__What this task involves__.
Return each line of the records below that contains the word "isize".
-- The input follows --
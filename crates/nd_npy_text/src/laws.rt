//! Laws of heads. Nothing here runs: each function's clause is a law.

ghost use Rattle.nd_npy_text.specs.HeaderLaws.{HeadersReadBack, HeadersAreAligned, EntriesAreWhole, HeadsNeedNoMore, VersionsAgree};

/// A head that is written for a whole description (`IsWholeHeader`) is read as that description, whatever follows the
/// head, and the elements begin where the head ends.
#[tactic(auto, using(crate::proofs::HeaderReadBack::headers_back))]
pub fn headers_read_back()
    ensures { HeadersReadBack }
{}

/// The dict that is written for a whole description (`IsWholeHeader`) is read as that description in a head of each
/// version.
pub fn versions_agree()
    ensures { VersionsAgree }
{}

/// The length of a written head is a multiple of 64 bytes, so the elements begin at such a multiple.
#[tactic(auto, using(crate::proofs::HeaderReadBack::headers_aligned))]
pub fn headers_are_aligned()
    ensures { HeadersAreAligned }
{}

/// Where three entries of a dict are read, each of the three keys has a value.
pub fn entries_are_whole()
    ensures { EntriesAreWhole }
{}

/// Where bytes aren't cut off inside their head, as `is_cut_off` tells, what follows them changes nothing of what the head
/// says.
#[tactic(auto, using(crate::proofs::HeaderIgnoresFollowingBytes::heads_stay))]
pub fn heads_need_no_more()
    ensures { HeadsNeedNoMore }
{}
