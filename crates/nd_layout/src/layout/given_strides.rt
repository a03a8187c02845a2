//! The strides of row-major and column-major order, and whether a slice or vector can be laid out with a shape and
//! strides that the caller of a constructor gives.

ghost use Rattle.std.specs.Prelude.{◌↔◌, ◌≡◌, ◌<◌, ◌≤◌, ◌-◌, ◌*◌, ◌^◌, ◌||◌, nat_eq, ℕ, List, [], ◌∷◌, length, nat_abs, IsTrue, IfOk, IfErr, Some, None};
ghost use Rattle.nd_shape_and_slice.specs.ShapesAndIndexOrders.{size_of, HasCheckedSize};
ghost use Rattle.nd_shape_and_slice.specs.PlacesAndOverlaps.{span_of, IsSeparated};
ghost use Rattle.nd_layout.specs.StridesAfterLayoutCalls.{reach_down};
ghost use Rattle.nd_layout.specs.GivenStrides.{ordered_strides};
ghost use Rattle.nd_layout.specs.ConstructorRefusals.{slice_refusal, vec_refusal, elements_asked, is_separated};
ghost use Rattle.nd_layout.specs.ValidLayoutsAndSteps.{IsValid};

use crate::spans_and_overlaps::{separated, span};
use nd_shape_and_slice::{
    Dimension, ErrorKind, MAX_AXES, Order, ShapeError, default_strides, fortran_strides,
    is_empty_shape, size_of_shape_checked,
};

/// Returns the strides of the shape `dim` in row-major or column-major order.
pub fn strides_in<D: Dimension>(dim: &D, order: Order) -> D::Strides
    requires { HasCheckedSize (D.lengths dim.now) }
    ensures { D.Strides.strides_of result ≡ ordered_strides order (D.lengths dim.now) }
{
    match order {
        Order::RowMajor => default_strides(dim),
        Order::ColumnMajor => fortran_strides(dim),
    }
}

/// Returns the size of a shape, or the error why a slice of `count` elements can't hold it in row-major or column-major
/// order.
pub fn size_in_slice(lengths: &[usize], count: usize) -> Result<usize, ShapeError>
    ensures refused { IfErr result (λ e. slice_refusal lengths.now None count ≡ Some e) }
    ensures accepted { IfOk result (λ _. slice_refusal lengths.now None count ≡ None) }
    ensures checked { IfOk result (λ _. HasCheckedSize lengths.now) }
    ensures size { IfOk result (λ size. size ≡ size_of lengths.now) }
    ensures enough { IfOk result (λ size. size ≤ count) }
{
    let size = size_of_shape_checked(lengths)?;
    if count < size {
        Err(ShapeError::from_kind(ErrorKind::OutOfBounds))
    } else {
        Ok(size)
    }
}

/// Returns the size of a shape, or the error why a vector of `count` elements can't hold it in row-major or
/// column-major order.
pub fn size_in_vec(lengths: &[usize], count: usize) -> Result<usize, ShapeError>
    ensures refused { IfErr result (λ e. vec_refusal lengths.now None count ≡ Some e) }
    ensures accepted { IfOk result (λ _. vec_refusal lengths.now None count ≡ None) }
    ensures checked { IfOk result (λ _. HasCheckedSize lengths.now) }
    ensures size { IfOk result (λ size. size ≡ size_of lengths.now) }
    ensures enough { IfOk result (λ size. size ≤ count) }
{
    let size = size_in_slice(lengths, count)?;
    if size < count {
        Err(ShapeError::from_kind(ErrorKind::IncompatibleShape))
    } else {
        Ok(size)
    }
}

/// Returns how far below the offset the places of one axis reach: 0 if its stride isn't negative.
fn down_by(len: usize, stride: isize) -> usize
    requires { (len - 1) * nat_abs stride < 2 ^ 63 }
    ensures { result ≡ reach_down (len ∷ []) (stride ∷ []) }
{
    if stride < 0 {
        len.saturating_sub(1) * stride.unsigned_abs()
    } else {
        0
    }
}

/// Returns how far below the offset the places of all axes with negative stride together reach.
pub fn reach_below(lengths: &[usize], strides: &[isize]) -> usize
    requires as_many { length strides.now ≡ length lengths.now }
    requires spread { span_of lengths.now strides.now < 2 ^ 63 }
    ensures { result ≡ reach_down lengths.now strides.now }
{
    let mut offset = 0;
    for axis in 0..lengths.len() {
        offset += down_by(lengths[axis], strides[axis]);
    }
    offset
}

/// Returns how many elements a slice needs for these lengths and strides, whose span is `span`.
fn count_asked(lengths: &[usize], strides: &[isize], span: usize) -> usize
    requires is { span ≡ span_of lengths.now strides.now }
    requires few { span < 2 ^ 63 }
    ensures { result ≡ elements_asked lengths.now strides.now }
{
    if is_empty_shape(lengths) {
        span
    } else {
        span + 1
    }
}

/// Returns the offset of the layout that the caller's `strides` give in a slice of `count` elements, or the error why
/// the slice can't be laid out so.
pub fn offset_in_slice(
    lengths: &[usize],
    strides: &[isize],
    count: usize,
) -> Result<usize, ShapeError>
    requires as_many { length strides.now ≡ length lengths.now }
    requires few { length lengths.now ≤ MAX_AXES }
    ensures refused { IfErr result (λ e. slice_refusal lengths.now (Some strides.now) count ≡ Some e) }
    ensures accepted { IfOk result (λ _. slice_refusal lengths.now (Some strides.now) count ≡ None) }
    ensures offset { IfOk result (λ offset. offset ≡ reach_down lengths.now strides.now) }
    ensures valid { IfOk result (λ offset. IsValid offset lengths.now strides.now) }
    ensures enough { IfOk result (λ _. elements_asked lengths.now strides.now ≤ count) }
{
    size_of_shape_checked(lengths)?;
    match span(lengths, strides) {
        Some(span) if count_asked(lengths, strides, span) <= count => {
            Ok(reach_below(lengths, strides))
        }
        Some(_) => Err(ShapeError::from_kind(ErrorKind::OutOfBounds)),
        None => Err(ShapeError::from_kind(ErrorKind::Overflow)),
    }
}

/// Returns whether the strides are separated, or the shape has no element. An owned array needs that, because no two of
/// its indexes may share an element.
fn keeps_apart(lengths: &[usize], strides: &[isize]) -> bool
    requires as_many { length strides.now ≡ length lengths.now }
    requires few { length lengths.now ≤ MAX_AXES }
    ensures { IsTrue result ↔ IsTrue (nat_eq (size_of lengths.now) 0 || is_separated lengths.now strides.now) }
{
    is_empty_shape(lengths) || separated(lengths, strides)
}

/// Returns the offset of the layout that the caller's `strides` give in a vector of `count` elements, or the error why
/// the vector can't be laid out so.
pub fn offset_in_vec(
    lengths: &[usize],
    strides: &[isize],
    count: usize,
) -> Result<usize, ShapeError>
    requires as_many { length strides.now ≡ length lengths.now }
    requires few { length lengths.now ≤ MAX_AXES }
    ensures refused { IfErr result (λ e. vec_refusal lengths.now (Some strides.now) count ≡ Some e) }
    ensures accepted { IfOk result (λ _. vec_refusal lengths.now (Some strides.now) count ≡ None) }
    ensures offset { IfOk result (λ offset. offset ≡ reach_down lengths.now strides.now) }
    ensures valid { IfOk result (λ offset. IsValid offset lengths.now strides.now) }
    ensures enough { IfOk result (λ _. elements_asked lengths.now strides.now ≤ count) }
    ensures apart { IfOk result (λ _. 0 < size_of lengths.now → IsSeparated lengths.now strides.now) }
{
    let offset = offset_in_slice(lengths, strides, count)?;
    if keeps_apart(lengths, strides) {
        Ok(offset)
    } else {
        Err(ShapeError::from_kind(ErrorKind::Unsupported))
    }
}
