//! Reading the lengths of a shape.

ghost use Rattle.std.specs.Prelude.{◌≡◌, ◌+◌, ◌<◌, ◌≤◌, true, [], ◌∷◌, ◌++◌, length, IfOk};
ghost use Rattle.std.specs.Result.{result_map_both};
ghost use Rattle.nd_npy_text.specs.HeaderReading.{closes, after_length, length_in, lengths_in, one_too_many, shape_here};
ghost use Rattle.nd_npy_text.specs.DictEntries.{listed};

use crate::errors::HeaderFlaw;
use crate::header_tokens::{after_mark, after_spaces, number_here};
use crate::length_list::{Lengths, MAX_AXES};

impl Lengths {
    /// Returns an empty list of lengths.
    fn none() -> Lengths
        ensures none { listed result ≡ [] }
        ensures count { result.count ≡ 0 }
    {
        Lengths {
            lengths: [0; MAX_AXES],
            count: 0,
        }
    }

    /// Returns the lengths as a slice.
    pub(crate) fn as_slice(&self) -> &[usize]
        ensures { result.now ≡ listed self.now }
    {
        &self.lengths[..self.count]
    }

    /// Appends a length to the others, which must be fewer than 32.
    fn add(&mut self, length: usize)
        requires { self.old.count < 32 }
        ensures listed { listed self.new ≡ listed self.old ++ length ∷ [] }
        ensures count { self.new.count ≡ self.old.count + 1 }
    {
        let end = self.count + 1;
        let one = [length];
        self.lengths[self.count..end].copy_from_slice(&one);
        self.count = end;
    }
}

/// Returns whether `)`, the end of the shape, stands at the front of `text`, where spaces may stand before it.
fn closes(text: &[u8]) -> bool
    ensures { result ≡ closes text.now }
{
    match after_spaces(text) {
        [b')', ..] => true,
        _ => false,
    }
}

/// Returns what follows the comma after a length. After a length that isn't the first, the `)` of the shape may stand
/// in place of the comma; it is then still part of what follows.
fn after_length(first: bool, text: &[u8]) -> Result<&[u8], (usize, HeaderFlaw)>
    ensures { result_map_both (λ x. x.now) (λ stop. stop) result ≡ after_length first text.now }
{
    match text {
        [b',', after @ ..] => Ok(after),
        [b')', ..] if !first => Ok(text),
        _ => Err((text.len(), HeaderFlaw::AfterLength)),
    }
}

/// Returns the length at the front of `text`, and what follows its comma; `first` says whether it is the first of the
/// shape.
#[tactic(auto, unfolding(crate::specs::HeaderReading::length_in))]
fn length_in(first: bool, text: &[u8]) -> Result<(usize, &[u8]), (usize, HeaderFlaw)>
    ensures { result_map_both (λ x. (x.0, x.1.now)) (λ stop. stop) result ≡ length_in first text.now }
{
    match number_here(HeaderFlaw::Length, after_spaces(text)) {
        Ok((length, rest)) => match after_length(first, after_spaces(rest)) {
            Ok(rest) => Ok((length, rest)),
            Err(stop) => Err(stop),
        },
        Err(stop) => Err(stop),
    }
}

/// Returns the error of a shape that doesn't end after 32 lengths: `TooManyAxes` if another length stands at the front
/// of `text`, or else the error of reading a length.
#[tactic(auto, unfolding(crate::specs::HeaderReading::one_too_many))]
fn one_too_many(text: &[u8]) -> (usize, HeaderFlaw)
    ensures { one_too_many text.now ≡ Err result }
{
    let text = after_spaces(text);
    match number_here(HeaderFlaw::Length, text) {
        Ok(_) => (text.len(), HeaderFlaw::TooManyAxes),
        Err(stop) => stop,
    }
}

/// Returns the lengths up to the end of the shape, and what follows this end.
fn lengths_in(text: &[u8]) -> Result<(Lengths, &[u8]), (usize, HeaderFlaw)>
    ensures value { result_map_both (λ x. (listed x.0, x.1.now)) (λ stop. stop) result ≡ lengths_in true 32 text.now }
    ensures axes { IfOk result (λ x. length (listed x.0) ≤ 32) }
{
    let mut shape = Lengths::none();
    let mut rest = text;
    let mut first = true;
    let mut left = MAX_AXES;
    while !closes(rest) {
        if left == 0 {
            return Err(one_too_many(rest));
        }
        match length_in(first, rest) {
            Ok((length, after)) => {
                shape.add(length);
                rest = after;
            }
            Err(stop) => return Err(stop),
        }
        first = false;
        left -= 1;
    }
    match after_mark(HeaderFlaw::AfterLength, b')', rest) {
        Ok(after) => Ok((shape, after)),
        Err(stop) => Err(stop),
    }
}

/// Returns the shape in parentheses at the front of `text`, and what follows it.
#[tactic(auto, unfolding(crate::specs::HeaderReading::shape_here))]
pub(crate) fn shape_here(text: &[u8]) -> Result<(Lengths, &[u8]), (usize, HeaderFlaw)>
    ensures value { result_map_both (λ x. (listed x.0, x.1.now)) (λ stop. stop) result ≡ shape_here text.now }
    ensures axes { IfOk result (λ x. length (listed x.0) ≤ 32) }
{
    match after_mark(HeaderFlaw::Shape, b'(', text) {
        Ok(text) => lengths_in(text),
        Err(stop) => Err(stop),
    }
}
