//! A list of lengths that needs no allocation.

ghost use Rattle.std.specs.Prelude.{◌≤◌};

/// The largest number of axes that a shape can have.
pub(crate) const MAX_AXES: usize = 32;

/// The lengths of a shape, at most 32. They lie in the value itself, so that memory is asked for only after all of a
/// head is read.
#[derive(Clone, Copy)]
pub(crate) struct Lengths {
    pub(crate) lengths: [usize; MAX_AXES],
    pub(crate) count: usize,
    ghost few: { count ≤ 32 },
}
-- The input concluded --
__Solved exercise__.
fn down_by(len: usize, stride: isize) -> usize
pub fn reach_below(lengths: &[usize], strides: &[isize]) -> usize
fn count_asked(lengths: &[usize], strides: &[isize], span: usize) -> usize
    strides: &[isize],
fn keeps_apart(lengths: &[usize], strides: &[isize]) -> bool
    strides: &[isize],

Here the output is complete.